Find the line containing "impl Model for" in the listing below. Repeat it exactly, along with each following line up to and including the one containing "these stripes were".
(Records for the task begins)
//! Reads of a snapshot.
ghost use Rattle.std.specs.Prelude.{◌≡◌, ◌≢◌, Bool, List, [], ◌∷◌, ◌++◌, map, All, None, Some, OnOk, is_err};
ghost use Rattle.std.specs.Option.{option_map};
ghost use Rattle.clay_grid.specs.Shape.{chunk_count};
ghost use Rattle.store_core.specs.Read.{part_of};
ghost use Rattle.store_core.specs.Told.{Seen as CoreSeen};
ghost use Rattle.run_laws.specs.State.{Sequel};
ghost use Rattle.run_laws.specs.States.{parts_state, open_state};
ghost use Rattle.chunk_server.specs.Core.{core_of};
ghost use Rattle.chunk_server.specs.State.{IsSame};
ghost use Rattle.call_steps.specs.Answers.{told_by_server};
ghost use Rattle.call_steps.specs.Hearing.{told_here};
ghost use Rattle.call_steps.specs.Steps.{IsServerBelow, stepped_at_server};
ghost use Rattle.call_steps.specs.CallOf.{CallOf, taken_of};
ghost use Rattle.stripe_stamps.specs.SeenStripes.{seen_in};
ghost use Rattle.gather_parts.specs.Wanted.{wanted_of, IsPinned};
ghost use Rattle.gather_parts.specs.Gatherings.{new_gatherings, begun};
ghost use Rattle.gather_parts.specs.States.{state_in, StandsIn, moved};
ghost use Rattle.snapshot_view.specs.InTime.{Asked, asked_at, HasFound, NamesFound};
ghost use Rattle.snapshot_view.specs.Reads.{reply_of};
ghost use Rattle.snapshot_view.specs.ReadSteps.{need_of, stepped, coded, EndsAs};

use crate::read_outcomes::{Ending, SnapOutcome};
use call_steps::{Need, Seen, ServerAnswer};
use chunk_server::Server;
use clay_model::Coder;
use gather_parts::PartGatherings;
use read_ledger::Takes;
use std::alloc::{AllocError, Global};
use std::marker::Model;
use std::thread::Threads;
use version_seal::Opening;

/// A read of a snapshot in work. It needs servers and a coder, and never the directory.
#[derive(Drop)]
pub struct SnapRead {
    gatherings: PartGatherings,
    ended: Option<Ending>,
}

impl Model for SnapRead {
    ghost use Rattle.snapshot_view.specs.Reads.{ReadOf};

    ghost Value = { ReadOf };

    ghost use Rattle.snapshot_view.specs.ReadInside.{read_in};

    ghost view = { read_in };
}

impl SnapRead {
    // One that gathers the bytes from `start` up to `end` of an object, of which these stripes were
    // pinned. Nothing is asked yet, and it takes no memory.
    pub(crate) fn new(
        alloc: Global,
        opening: Opening,
        stripes: Vec<Seen>,
        start: u64,
        end: u64,
    ) -> SnapRead
        requires { All (IsPinned opening) stripes.items }
        ensures going { result.ended ≡ None }
        ensures begun { result.gatherings ≡ begun (new_gatherings opening) (map (wanted_of opening.geometry start end) stripes.items) }
        ensures state { (after : Sequel) → state_in result.gatherings after ≡ open_state opening.geometry
            (parts_state (map (part_of opening.geometry start end) (map seen_in stripes.items)) after) }
    {
        let mut gatherings = PartGatherings::new(alloc, opening);
        gatherings.begin(stripes, start, end);
        SnapRead {
            gatherings,
            ended: None,
        }
    }

    // One that the map refuses. It asks nothing.
    pub(crate) fn refused(alloc: Global, opening: Opening, refusal: Ending) -> SnapRead
        ensures refused { result.ended ≡ Some refusal }
        ensures new { result.gatherings ≡ new_gatherings opening }
    {
        SnapRead {
            gatherings: PartGatherings::new(alloc, opening),
            ended: Some(refusal),
        }
    }

    /// Where it has to go on: at a server, at the coder, or nowhere.
    pub fn need(&self) -> Need
        ensures need { result ≡ need_of self.now }
        ensures below { IsServerBelow (chunk_count self.now.gatherings.book.geometry) result }
    {
        if self.ended.is_some() {
            return Need::Finished;
        }
        match self.gatherings.need() {
            Need::Server(server) => Need::Server(server),
            Need::Coder => Need::Coder,
            // A call would end its pass there: this read has none of its own.
            Need::Directory | Need::Finished => Need::Finished,
        }
    }

    /// One step at the server that is needed, and what it answers. Where memory is wanting the read ends.
    pub fn on_server(&mut self, s: &mut Server) -> Result<ServerAnswer, AllocError>
        requires need { need_of self.old ≡ Need.Server s.old.number }
        requires book { s.old.book ≡ self.old.gatherings.book }
        ensures step { (core_of s.new, self.new) ≡ stepped self.old (is_err result) (core_of s.old) }
        ensures same { IsSame s.old s.new }
        ensures book { self.new.gatherings.book ≡ self.old.gatherings.book }
        ensures reply { reply_of self.new ≡ reply_of self.old }
        ensures call { (c : CallOf) (after : Sequel) (due : Bool) → StandsIn c self.old.gatherings after →
            (core_of s.new, moved c self.new.gatherings after due (is_err result)) ≡ stepped_at_server (is_err result) due c (core_of s.old) }
        ensures told { (c : CallOf) (after : Sequel) → StandsIn c self.old.gatherings after →
            told_by_server result ≡ told_here (is_err result) c (core_of s.old) }
        ensures found { (stripes : List CoreSeen) (asked : List Asked) → HasFound stripes asked self.old →
            HasFound stripes (asked ++ asked_at self.old s.old.number (core_of s.old) ∷ []) self.new }
    {
        self.gatherings.on_server(s)
    }

    /// Makes the bytes of the stripe that has come, and takes the memory for the next one. It makes no
    /// step. Where memory is wanting the read ends.
    pub fn on_coder<R: Threads + Sync, C: Coder>(
        &mut self,
        rt: &R,
        coder: &C,
    ) -> Result<(), AllocError>
        requires { need_of self.old ≡ Need.Coder }
        ensures coded { self.new ≡ coded (is_err result) self.old }
        ensures settled { need_of self.new ≢ Need.Coder }
        ensures book { self.new.gatherings.book ≡ self.old.gatherings.book }
        ensures reply { OnOk result (reply_of self.new ≡ reply_of self.old) }
        ensures state { OnOk result ((after : Sequel) → state_in self.new.gatherings after ≡ state_in self.old.gatherings after) }
        ensures found { (stripes : List CoreSeen) (asked : List Asked) → HasFound stripes asked self.old → HasFound stripes asked self.new }
    {
        match self.gatherings.on_coder(rt, coder) {
            Ok(()) => Ok(()),
            Err(error) => {
                self.ended = Some(Ending::NoMemory);
                Err(error)
            }
        }
    }

    /// What it has taken, or none where it has taken nothing.
    pub fn takes(&self) -> Option<&Takes>
        ensures { option_map (λ takes. takes.now) result ≡ taken_of self.now.gatherings.takes }
    {
        self.gatherings.takes()
    }

    /// How it ended, and what it has taken, or none where it has taken nothing. Each server that it names
    /// as missing told it so at one of its steps, with its count at that moment.
    pub fn finish(self) -> (SnapOutcome, Option<Takes>)
        requires { need_of self ≡ Need.Finished }
        ensures outcome { EndsAs self result.0 }
        ensures found { (stripes : List CoreSeen) (asked : List Asked) → HasFound stripes asked self → NamesFound stripes asked result.0 }
        ensures takes { result.1 ≡ taken_of self.gatherings.takes }
    {
        let SnapRead { gatherings, ended } = self;
        match ended {
            Some(ended) => (SnapOutcome::of_ended(ended), gatherings.into_takes()),
            None => {
                let (gathered, takes) = gatherings.finish();
                (SnapOutcome::of_gathered(gathered), takes)
            }
        }
    }
}
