//! Squares of short pieces: the subchunks of a group of layers, those of a node one behind another as in its chunk.
ghost use Rattle.std.specs.Prelude.{◌≡◌, ℕ, ◌+◌, ◌*◌, ◌/◌, ◌%◌, ◌<◌, ◌≤◌, slice_index, length};
ghost use Rattle.clay_field.specs.Coupling.{determinant_inverse};
ghost use Rattle.code_laws.specs.Columns.{HoldsPieces};
ghost use Rattle.clay_parity.specs.Short.{short_coupled};

use clay_kernels::{Products, couple};

// Writes the pieces of `width` bytes at place `x` of each row, one behind another.
fn gather(count: usize, width: usize, rows: &[u8], x: usize, out: &mut [u8])
    requires few { count ≤ 8 }
    requires narrow { width ≤ 65536 }
    requires rows_len { length rows.now ≡ count * (count * width) }
    requires place { x < count }
    requires out_len { length out.old ≡ count * width }
    ensures { HoldsPieces width count (λ d b. slice_index rows.now ((d * count + x) * width + b)) out.new }
{
    for d in 0..count {
        let from = (d * count + x) * width;
        let to = d * width;
        out[to..to + width].copy_from_slice(&rows[from..from + width]);
    }
}

/// Writes a square of `count` rows of as many pieces with its rows as columns.
pub fn transpose(count: usize, width: usize, rows: &[u8], out: &mut [u8])
    requires few { count ≤ 8 }
    requires narrow { width ≤ 65536 }
    requires rows_len { length rows.now ≡ count * (count * width) }
    requires out_len { length out.old ≡ count * (count * width) }
    ensures { HoldsPieces (count * width) count
        (λ x o. slice_index rows.now ((o / width * count + x) * width + o % width)) out.new }
{
    let len = count * width;
    for x in 0..count {
        gather(count, width, rows, x, &mut out[x * len..x * len + len]);
    }
}

/// Writes the coupled bytes of row `x`, with room for those of its partners.
pub fn couple_row(
    fifths: &Products,
    count: usize,
    width: usize,
    rows: &[u8],
    x: usize,
    partners: &mut [u8],
    out: &mut [u8],
)
    requires fifths { fifths.now ≡ determinant_inverse }
    requires few { count ≤ 8 }
    requires narrow { width ≤ 65536 }
    requires rows_len { length rows.now ≡ count * (count * width) }
    requires row { x < count }
    requires partners_len { length partners.old ≡ count * width }
    requires out_len { length out.old ≡ count * width }
    ensures { (o : ℕ) → o < count * width → slice_index out.new o ≡ short_coupled count width rows.now x o }
{
    let len = count * width;
    let own = &rows[x * len..x * len + len];
    gather(count, width, rows, x, partners);
    couple(fifths, own, partners, out);
    // the subchunk of the layer whose last digit is the row has no partner
    let at = x * width;
    out[at..at + width].copy_from_slice(&own[at..at + width]);
}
(Records for the task ends)
§ Answer section:
impl Model for SnapRead {
    ghost use Rattle.snapshot_view.specs.Reads.{ReadOf};

    ghost Value = { ReadOf };

    ghost use Rattle.snapshot_view.specs.ReadInside.{read_in};

    ghost view = { read_in };
}

impl SnapRead {
    // One that gathers the bytes from `start` up to `end` of an object, of which these stripes were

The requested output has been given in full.